Hallo, ihr Lieben!
Es ist wieder Freitag, das Wochenende ist zum Greifen nah und ich werde mir die Zeit ein wenig mit Lizzys #writing friday vertreiben.
Heute habe ich mich für das vernachlässigte Cello entschieden. Viel Spaß!
Das Festspielhaus ist bis zur Decke gestopft voll. Ein Gastorchester hatte sich angemeldet, zwei sind gekommen. Überall wuseln Musiker mit ihren Instrumenten und Mänteln und Noten und Notenständern herum. Es ist nicht genug Platz. Drei Dirigenten streiten sich um das Privileg den Abend leiten zu dürfen. Die Eingänge sind verstopft mit Leuten, Instrumentenkästen fallen um, eine Trommel rollt davon. Ein einziges Chaos.
Schließlich entscheidet man alle Geigenkästen auf dem Dachboden zu lagern, bis die Probleme gelöst sind.

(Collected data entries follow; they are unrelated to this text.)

ghost use Rattle.std.specs.Prelude.{◌≡◌, option_map, IsErrOf};
ghost use Rattle.std.specs.FinMap as map;
ghost use Rattle.ato_outside.specs.Causes.{Counts};
ghost use Rattle.ato_outside.specs.Tray.{Puts};
ghost use Rattle.ato_outside.specs.MemoryTray.{PutsByNumber, next_kept};

use crate::entries::Entries;
use crate::numbered::kept_bytes;
use crate::{Tray, TrayError};
use ato_base::List;
use std::alloc::Global;
use std::marker::Model;

/// A tray in memory, which fails the calls of the given numbers after so many bytes.
///
/// Contracts see it as its files, the numbers with their bytes, the calls so far, and its count of
/// faults.
#[derive(Debug, Drop)]
pub struct MemTray {
    files: Entries,
    fail: List<(u32, u32)>,
    calls: u64,
    faults: u64,
}

impl Model for MemTray {
    ghost use Rattle.ato_outside.specs.MemoryTray.{MemoryTray, tray_code};

    ghost Value = { MemoryTray };

    ghost coded = { tray_code };

    ghost view = { λ it. record {
      files = it.files;
      fail = it.fail;
      calls = it.calls;
      faults = it.faults;
    } };
}

impl MemTray {
    /// A tray without files. It takes no memory. Each `put` whose number, from 1, stands first in a
    /// pair of `fail` keeps as many bytes as the second says, or all that there are, and answers
    /// Failed; or NoMemory where it can not keep them. Of several pairs for a number the first
    /// counts. No other `put` answers Failed.
    pub fn new(alloc: Global, fail: List<(u32, u32)>) -> MemTray
        ensures { result ≡ record { files = map.empty; fail = fail; calls = 0; faults = 0 } }
    {
        MemTray {
            files: Entries::new(alloc),
            fail,
            calls: 0,
            faults: 0,
        }
    }

    /// What a name holds, where something was put there.
    pub fn get(&self, name: &str) -> Option<&[u8]>
        ensures { option_map (λ bytes. bytes.now) result ≡ map.get self.now.files name.now }
    {
        self.files.bytes_of(name)
    }

    /// How many calls failed.
    pub fn faults(&self) -> u64
        ensures { result ≡ self.now.faults }
    {
        self.faults
    }
}

impl Tray for MemTray {
    ghost use Rattle.std.specs.Prelude.{Some};

    ghost files = { λ s. Some s.files };

    ghost faults = { λ s. s.faults };

    fn put(&mut self, name: &str, bytes: &[u8]) -> Result<(), TrayError>
        ensures told { Puts self.old.files self.new.files name.now bytes.now result }
        ensures faults { Counts self.old.faults self.new.faults (IsErrOf result TrayError.Failed) }
        ensures numbered { PutsByNumber (next_kept self.old) self.old self.new name.now bytes.now
            result }
    {
        self.calls = self.calls.saturating_add(1);
        let Some(kept) = kept_bytes(self.fail.as_slice(), self.calls) else {
            return match self.files.put(name, bytes) {
                Ok(()) => Ok(()),
                Err(_) => Err(TrayError::NoMemory),
            };
        };
        let kept = bytes.len().min(kept as usize);
        if self.files.put(name, &bytes[..kept]).is_err() {
            return Err(TrayError::NoMemory);
        }
        self.faults = self.faults.saturating_add(1);
        Err(TrayError::Failed)
    }
}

Die Geigen sind sich nicht sicher, was sie von dieser Situation halten sollen.Warum sind sie hier? Auf dem Dachboden ist es düster und muffig. Nur durch ein staubiges Fenster dringt ein wenig von der Nachmittagssonne herein und taucht alles in ein schummriges Licht. Die Geigen steigen aus ihren Kästen. Sie flüstern aufgeregt untereinander. Keiner ist je zuvor auf einem dunklen Dachboden abgelegt worden und niemand weiß, was nun zu tun ist. Eine ältere Bratsche versucht für Ordnung zu sorgen, aber niemand hört ihr zu.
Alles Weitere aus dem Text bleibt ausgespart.